Les défis de la garde d’enfants
Une recherche de 2021 révèle qu’un tiers des enfants suisses sont gardés chaque semaine par leurs grands-parents ou des voisins, plaçant ainsi la Suisse parmi les leaders européens en matière de garde informelle. Contrairement aux crèches, dont le coût peut s’élever à plusieurs milliers d’euros par mois, la garde par les grands-parents est généralement gratuite.
«Je n’aurais jamais l’idée de demander de l’argent à mes deux fils», affirme Maya Cajöri. La plupart des grands-mères interrogées refusent d’être rémunérées pour leur aide, bien qu’elles se montrent ouvertes à des solutions comme des crédits d’impôt ou des augmentations de retraite qui ne pèsent pas sur leurs enfants.

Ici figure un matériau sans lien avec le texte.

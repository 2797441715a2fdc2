//! The caller of one frame, by a row that a cache holds, in the place of the frame.
ghost use Rattle.std.specs.Prelude.{◌≡◌, ◌*◌, ◌≤◌, length, false, true};
ghost use Rattle.std.specs.Option.{option_map};
ghost use Rattle.cfi_step.specs.PackedRows.{rows_in};
ghost use Rattle.cfi_step.specs.Steps.{row_address};
ghost use Rattle.cfi_c.specs.CachedSteps.{IsCachedFor, cache_rows, held_rows};
ghost use Rattle.cfi_c.specs.declared.module.CfiModule.{CfiModule};
ghost use Rattle.cfi_c.specs.PackedSteps.{IsSteppedByHeld};
ghost use Rattle.cfi_c.specs.PassedRegisters.{plain_of};
ghost use Rattle.cfi_c.specs.SteppedFrames.{IsStepped};

use crate::cache::CfiCache;
use crate::end::CfiEnd;
use crate::function::CfiFunction;
use crate::memory::CfiMemory;
use crate::packed_step::step_in_place;
use crate::register::CfiValue;
use crate::step::CfiCaller;
use cfi_step::{RowCache, row_address};
use std::alloc::Global;
use std::mem;

/// The step of `cfi_step`, if the cache holds the row of the file and the address, with the
/// registers of the caller in the place of the frame's. Returns whether it is made: what is written
/// is then what `cfi_step` writes, with the end in `end`. Else the registers and the caller stay as
/// they were: `cfi_step_cached` makes the step, and keeps the row.
///
/// The value of a register of the caller that isn't known is any: `plain_of` has 0 in its place, as
/// `cfi_step` writes it. `file` is that of `cfi_step_cached`. With more than 256 registers, or if
/// addresses don't have eight bytes, it makes no step. Does not allocate.
#[unsafe(no_mangle)]
pub extern "C" fn cfi_step_held(
    alloc: Global,
    cache: &mut CfiCache,
    file: u64,
    memory: &CfiMemory<'_>,
    pc: u64,
    is_interrupted: bool,
    registers: &mut [CfiValue],
    function: &mut CfiFunction,
    caller: &mut CfiCaller,
    end: &mut CfiEnd,
) -> bool
    ensures stepped { result ≡ true → (loaded : CfiModule) →
        IsCachedFor memory.now.address_size file loaded (cache_rows cache.old) →
        IsStepped true loaded memory.now (row_address pc is_interrupted) registers.old
        (plain_of registers.old) (plain_of registers.new) function.new caller.old caller.new
        end.new }
    ensures unwritten { result ≡ false →
        (registers.new ≡ registers.old) × (caller.new ≡ caller.old) }
    ensures kept { cache_rows cache.new ≡ cache_rows cache.old }
{
    if registers.len() > 256 || memory.address_size != 8 || !cache.live {
        return false;
    }
    let held = mem::replace(cache, CfiCache::of(alloc, None)).into_box();
    let address = row_address(pc, is_interrupted);
    let is_stepped = step_by_held(
        &held, file, memory, address, registers, function, caller, end,
    );
    *cache = CfiCache::of(alloc, held);
    is_stepped
}

/// The step by a row of the cache, if there is one.
#[inline(always)]
fn step_by_held(
    held: &Option<Box<RowCache>>,
    file: u64,
    memory: &CfiMemory<'_>,
    address: u64,
    registers: &mut [CfiValue],
    function: &mut CfiFunction,
    caller: &mut CfiCaller,
    end: &mut CfiEnd,
) -> bool
    requires size { memory.now.address_size ≡ 8 }
    requires room { length registers.old ≤ 256 }
    ensures stepped { result ≡ true → IsSteppedByHeld memory.now file address
        (held_rows (option_map (λ cache. cache.value) held.now)) registers.old
        (plain_of registers.old) (plain_of registers.new) function.new caller.old caller.new
        end.new }
    ensures unwritten { result ≡ false →
        (registers.new ≡ registers.old) × (caller.new ≡ caller.old) }
{
    match held {
        Some(rows) => step_by_rows(
            rows.as_ref(),
            file,
            memory,
            address,
            registers,
            function,
            caller,
            end,
        ),
        None => false,
    }
}

/// The step by a row of the cache that is there.
#[inline(always)]
fn step_by_rows(
    rows: &RowCache,
    file: u64,
    memory: &CfiMemory<'_>,
    address: u64,
    registers: &mut [CfiValue],
    function: &mut CfiFunction,
    caller: &mut CfiCaller,
    end: &mut CfiEnd,
) -> bool
    requires size { memory.now.address_size ≡ 8 }
    requires room { length registers.old ≤ 256 }
    ensures stepped { result ≡ true →
        IsSteppedByHeld memory.now file address (rows_in rows.now) registers.old
        (plain_of registers.old) (plain_of registers.new) function.new caller.old caller.new
        end.new }
    ensures unwritten { result ≡ false →
        (registers.new ≡ registers.old) × (caller.new ≡ caller.old) }
{
    match rows.held(file, address) {
        Some(row) => {
            step_in_place(row, memory, registers, function, caller, end);
            true
        }
        None => false,
    }
}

Vers une nouvelle phase de vie
Maya, qui garde également son petit-fils de deux ans chaque mardi, prévoit de réduire son engagement à partir de janvier 2025, se concentrant sur une aide ponctuelle plutôt que régulière. Elle et son mari Christoph souhaitent retrouver du temps pour eux-mêmes, tout en restant disponibles pour leurs petits-enfants lorsque nécessaire.
Dans une ère où de plus en plus de femmes choisissent d’avoir des enfants plus tard, la question de la disponibilité des grands-parents se pose de manière cruciale. L’étude du Berner Generationenhauses montre que 57 % des grands-parents de 56 à 65 ans voient leurs petits-enfants chaque semaine, alors que ce chiffre tombe à 26 % chez les plus de 75 ans.
Une dépendance économique et affective
La charge des grands-parents dans l’économie familiale est immense, mais elle est souvent sous-évaluée. Les grands-mères comme Maya et Maria, qui consacrent leur temps à leurs petits-enfants, ressentent une pression considérable, mais également une immense satisfaction. Elles sont conscientes de l’impact de leur aide, tant sur le bien-être de leurs familles que sur l’économie suisse.
«Je suis très heureuse de cette période intense avec mes petits-enfants», confie Maya. «Mais pour être honnête, je suis aussi contente que cela devienne bientôt un peu moins fréquent.»